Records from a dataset
+++++

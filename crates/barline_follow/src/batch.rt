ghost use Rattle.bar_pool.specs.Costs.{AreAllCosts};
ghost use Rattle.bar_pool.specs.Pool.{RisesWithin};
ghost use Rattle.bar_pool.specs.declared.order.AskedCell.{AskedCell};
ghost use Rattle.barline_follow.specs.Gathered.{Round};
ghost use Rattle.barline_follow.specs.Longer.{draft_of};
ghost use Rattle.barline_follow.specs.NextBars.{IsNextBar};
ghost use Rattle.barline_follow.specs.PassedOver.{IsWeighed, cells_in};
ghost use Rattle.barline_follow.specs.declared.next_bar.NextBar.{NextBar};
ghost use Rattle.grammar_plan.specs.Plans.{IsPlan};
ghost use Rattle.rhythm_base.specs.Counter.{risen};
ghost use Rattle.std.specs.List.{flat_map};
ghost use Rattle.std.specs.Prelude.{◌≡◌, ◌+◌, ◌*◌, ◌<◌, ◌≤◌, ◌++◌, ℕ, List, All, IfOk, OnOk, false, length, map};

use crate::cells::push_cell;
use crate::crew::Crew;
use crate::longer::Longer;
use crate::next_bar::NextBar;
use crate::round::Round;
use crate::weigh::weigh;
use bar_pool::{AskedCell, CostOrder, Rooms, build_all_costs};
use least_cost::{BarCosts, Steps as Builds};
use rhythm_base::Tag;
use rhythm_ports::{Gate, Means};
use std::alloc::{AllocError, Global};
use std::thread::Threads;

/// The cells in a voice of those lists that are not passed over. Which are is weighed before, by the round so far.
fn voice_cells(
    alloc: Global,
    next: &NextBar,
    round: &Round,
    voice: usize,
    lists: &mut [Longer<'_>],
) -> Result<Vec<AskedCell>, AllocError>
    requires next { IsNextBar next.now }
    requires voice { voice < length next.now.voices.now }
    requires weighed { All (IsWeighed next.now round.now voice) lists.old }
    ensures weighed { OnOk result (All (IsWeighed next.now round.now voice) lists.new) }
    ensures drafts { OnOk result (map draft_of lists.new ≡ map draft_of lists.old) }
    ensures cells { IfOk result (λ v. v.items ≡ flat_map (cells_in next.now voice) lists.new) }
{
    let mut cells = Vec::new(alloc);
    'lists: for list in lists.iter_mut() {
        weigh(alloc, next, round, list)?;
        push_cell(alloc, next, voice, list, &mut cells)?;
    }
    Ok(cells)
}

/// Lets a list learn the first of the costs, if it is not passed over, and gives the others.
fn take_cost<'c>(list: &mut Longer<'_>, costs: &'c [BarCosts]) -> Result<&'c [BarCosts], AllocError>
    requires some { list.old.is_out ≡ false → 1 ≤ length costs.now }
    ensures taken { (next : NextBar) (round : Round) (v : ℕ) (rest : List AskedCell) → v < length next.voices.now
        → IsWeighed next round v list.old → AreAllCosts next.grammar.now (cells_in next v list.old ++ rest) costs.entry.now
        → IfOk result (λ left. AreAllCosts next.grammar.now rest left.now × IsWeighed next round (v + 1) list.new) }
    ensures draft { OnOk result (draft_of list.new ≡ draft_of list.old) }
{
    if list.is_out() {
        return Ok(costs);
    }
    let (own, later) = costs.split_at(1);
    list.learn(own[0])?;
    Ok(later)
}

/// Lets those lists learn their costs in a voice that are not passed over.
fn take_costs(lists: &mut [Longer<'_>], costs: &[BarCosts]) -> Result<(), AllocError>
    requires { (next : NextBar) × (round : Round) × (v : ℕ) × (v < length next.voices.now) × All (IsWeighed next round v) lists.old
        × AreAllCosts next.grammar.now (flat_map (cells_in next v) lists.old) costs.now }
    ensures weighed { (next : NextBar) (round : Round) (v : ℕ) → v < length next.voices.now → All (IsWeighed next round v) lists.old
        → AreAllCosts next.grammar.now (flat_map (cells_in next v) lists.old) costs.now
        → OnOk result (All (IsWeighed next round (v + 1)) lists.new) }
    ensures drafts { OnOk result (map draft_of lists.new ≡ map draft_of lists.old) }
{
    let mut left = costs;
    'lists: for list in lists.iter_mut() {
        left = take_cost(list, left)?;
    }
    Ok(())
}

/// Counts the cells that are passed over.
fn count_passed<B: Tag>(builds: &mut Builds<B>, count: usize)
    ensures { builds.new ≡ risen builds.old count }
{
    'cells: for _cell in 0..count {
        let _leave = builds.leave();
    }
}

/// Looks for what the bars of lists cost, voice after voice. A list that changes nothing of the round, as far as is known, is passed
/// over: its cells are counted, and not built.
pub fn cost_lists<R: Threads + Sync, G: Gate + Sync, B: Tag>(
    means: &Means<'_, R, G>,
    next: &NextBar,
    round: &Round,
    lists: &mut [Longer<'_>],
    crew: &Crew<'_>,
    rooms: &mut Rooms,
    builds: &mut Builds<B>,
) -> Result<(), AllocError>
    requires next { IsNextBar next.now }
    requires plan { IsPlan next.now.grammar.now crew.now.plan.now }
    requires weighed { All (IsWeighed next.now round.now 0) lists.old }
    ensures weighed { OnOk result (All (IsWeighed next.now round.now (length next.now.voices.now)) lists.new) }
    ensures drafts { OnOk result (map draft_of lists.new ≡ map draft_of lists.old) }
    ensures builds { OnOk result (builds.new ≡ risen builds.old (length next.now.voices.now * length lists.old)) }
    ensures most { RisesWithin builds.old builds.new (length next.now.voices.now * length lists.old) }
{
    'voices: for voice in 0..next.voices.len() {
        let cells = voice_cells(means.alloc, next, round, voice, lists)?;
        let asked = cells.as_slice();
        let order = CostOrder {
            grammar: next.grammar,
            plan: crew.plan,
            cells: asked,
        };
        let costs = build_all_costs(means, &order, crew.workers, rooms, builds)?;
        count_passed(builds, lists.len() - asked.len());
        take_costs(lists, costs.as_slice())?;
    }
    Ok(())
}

+++++

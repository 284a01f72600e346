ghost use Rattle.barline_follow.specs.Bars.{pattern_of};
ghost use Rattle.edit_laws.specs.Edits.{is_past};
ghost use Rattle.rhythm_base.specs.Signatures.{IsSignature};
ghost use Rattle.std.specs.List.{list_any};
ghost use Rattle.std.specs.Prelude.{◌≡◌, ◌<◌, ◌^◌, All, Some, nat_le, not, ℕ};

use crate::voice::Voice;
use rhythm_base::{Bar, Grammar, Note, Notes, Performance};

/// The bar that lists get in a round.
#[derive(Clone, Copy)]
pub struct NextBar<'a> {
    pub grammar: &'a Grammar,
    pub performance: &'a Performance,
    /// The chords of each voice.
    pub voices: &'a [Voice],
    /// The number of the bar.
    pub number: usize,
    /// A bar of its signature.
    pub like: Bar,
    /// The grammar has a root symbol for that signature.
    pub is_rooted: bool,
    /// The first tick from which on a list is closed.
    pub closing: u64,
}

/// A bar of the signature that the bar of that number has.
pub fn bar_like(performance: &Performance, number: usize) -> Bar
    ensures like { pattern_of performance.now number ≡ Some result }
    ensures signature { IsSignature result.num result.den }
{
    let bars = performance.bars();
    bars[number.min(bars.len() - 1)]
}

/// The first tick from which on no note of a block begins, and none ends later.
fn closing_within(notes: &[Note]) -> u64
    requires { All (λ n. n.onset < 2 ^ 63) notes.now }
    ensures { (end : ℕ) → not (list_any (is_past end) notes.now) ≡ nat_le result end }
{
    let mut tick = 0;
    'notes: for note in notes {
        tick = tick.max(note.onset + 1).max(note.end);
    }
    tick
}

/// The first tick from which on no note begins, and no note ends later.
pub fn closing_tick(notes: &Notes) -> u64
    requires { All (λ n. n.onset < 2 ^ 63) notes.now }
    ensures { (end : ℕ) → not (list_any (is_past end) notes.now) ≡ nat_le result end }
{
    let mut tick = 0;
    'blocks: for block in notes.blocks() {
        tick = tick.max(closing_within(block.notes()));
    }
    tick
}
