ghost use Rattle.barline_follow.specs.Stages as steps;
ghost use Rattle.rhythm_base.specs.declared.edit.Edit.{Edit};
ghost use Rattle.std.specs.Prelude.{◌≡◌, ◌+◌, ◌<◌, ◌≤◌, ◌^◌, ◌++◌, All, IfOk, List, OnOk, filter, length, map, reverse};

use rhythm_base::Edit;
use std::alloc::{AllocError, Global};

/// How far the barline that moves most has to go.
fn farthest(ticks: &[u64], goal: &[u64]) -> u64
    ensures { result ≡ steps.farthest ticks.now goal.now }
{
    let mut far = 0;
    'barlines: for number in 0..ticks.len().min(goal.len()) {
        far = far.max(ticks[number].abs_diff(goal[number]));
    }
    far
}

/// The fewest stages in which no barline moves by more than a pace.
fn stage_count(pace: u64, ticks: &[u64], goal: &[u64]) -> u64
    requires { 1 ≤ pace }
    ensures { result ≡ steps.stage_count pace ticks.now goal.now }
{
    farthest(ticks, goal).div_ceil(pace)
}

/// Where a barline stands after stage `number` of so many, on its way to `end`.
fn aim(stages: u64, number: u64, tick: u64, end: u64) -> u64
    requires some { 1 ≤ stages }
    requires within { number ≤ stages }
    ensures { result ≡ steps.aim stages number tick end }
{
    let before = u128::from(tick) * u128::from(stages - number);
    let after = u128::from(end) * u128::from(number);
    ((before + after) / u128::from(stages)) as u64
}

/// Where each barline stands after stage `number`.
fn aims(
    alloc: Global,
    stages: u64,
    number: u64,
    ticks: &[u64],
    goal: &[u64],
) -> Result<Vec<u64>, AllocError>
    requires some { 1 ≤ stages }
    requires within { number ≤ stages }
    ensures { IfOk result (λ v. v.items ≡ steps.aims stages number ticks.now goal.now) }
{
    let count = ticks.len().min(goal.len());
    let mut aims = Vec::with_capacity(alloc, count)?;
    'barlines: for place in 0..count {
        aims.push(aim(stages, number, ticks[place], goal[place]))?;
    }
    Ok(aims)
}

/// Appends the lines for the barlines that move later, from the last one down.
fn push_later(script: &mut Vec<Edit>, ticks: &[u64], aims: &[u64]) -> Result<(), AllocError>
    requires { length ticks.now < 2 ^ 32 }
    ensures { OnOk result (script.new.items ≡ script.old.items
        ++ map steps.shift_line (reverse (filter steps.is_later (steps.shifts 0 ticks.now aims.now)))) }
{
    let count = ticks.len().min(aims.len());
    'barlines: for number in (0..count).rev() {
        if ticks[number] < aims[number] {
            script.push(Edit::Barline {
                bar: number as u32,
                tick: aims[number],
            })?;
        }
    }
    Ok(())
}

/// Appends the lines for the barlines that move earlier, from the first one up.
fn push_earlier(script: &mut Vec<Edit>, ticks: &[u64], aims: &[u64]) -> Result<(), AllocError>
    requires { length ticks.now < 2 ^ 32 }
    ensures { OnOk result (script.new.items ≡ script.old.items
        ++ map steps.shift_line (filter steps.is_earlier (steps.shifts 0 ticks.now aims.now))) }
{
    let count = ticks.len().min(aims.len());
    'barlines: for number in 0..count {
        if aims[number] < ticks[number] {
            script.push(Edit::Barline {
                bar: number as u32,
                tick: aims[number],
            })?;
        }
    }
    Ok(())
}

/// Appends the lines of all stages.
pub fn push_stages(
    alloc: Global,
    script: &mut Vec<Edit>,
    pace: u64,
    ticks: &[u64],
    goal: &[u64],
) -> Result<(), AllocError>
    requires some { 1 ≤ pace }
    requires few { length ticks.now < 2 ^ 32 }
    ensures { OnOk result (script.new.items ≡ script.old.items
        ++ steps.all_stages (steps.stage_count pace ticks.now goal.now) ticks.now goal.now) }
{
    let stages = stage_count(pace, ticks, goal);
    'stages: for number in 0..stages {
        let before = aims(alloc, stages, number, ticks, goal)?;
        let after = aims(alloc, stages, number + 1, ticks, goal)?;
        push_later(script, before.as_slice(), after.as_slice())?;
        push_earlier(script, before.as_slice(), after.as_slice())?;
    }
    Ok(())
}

+++++

- **WHAT THIS TASK INVOLVES**
Above are the records; print exactly the lines from the line with "pattern_of performance.now number" to the line with "fn closing_within(notes: &[Note]) -> u64", including both, and nothing else.

- **WRITTEN ANSWER**
    ensures like { pattern_of performance.now number ≡ Some result }
    ensures signature { IsSignature result.num result.den }
{
    let bars = performance.bars();
    bars[number.min(bars.len() - 1)]
}

/// The first tick from which on no note of a block begins, and none ends later.
fn closing_within(notes: &[Note]) -> u64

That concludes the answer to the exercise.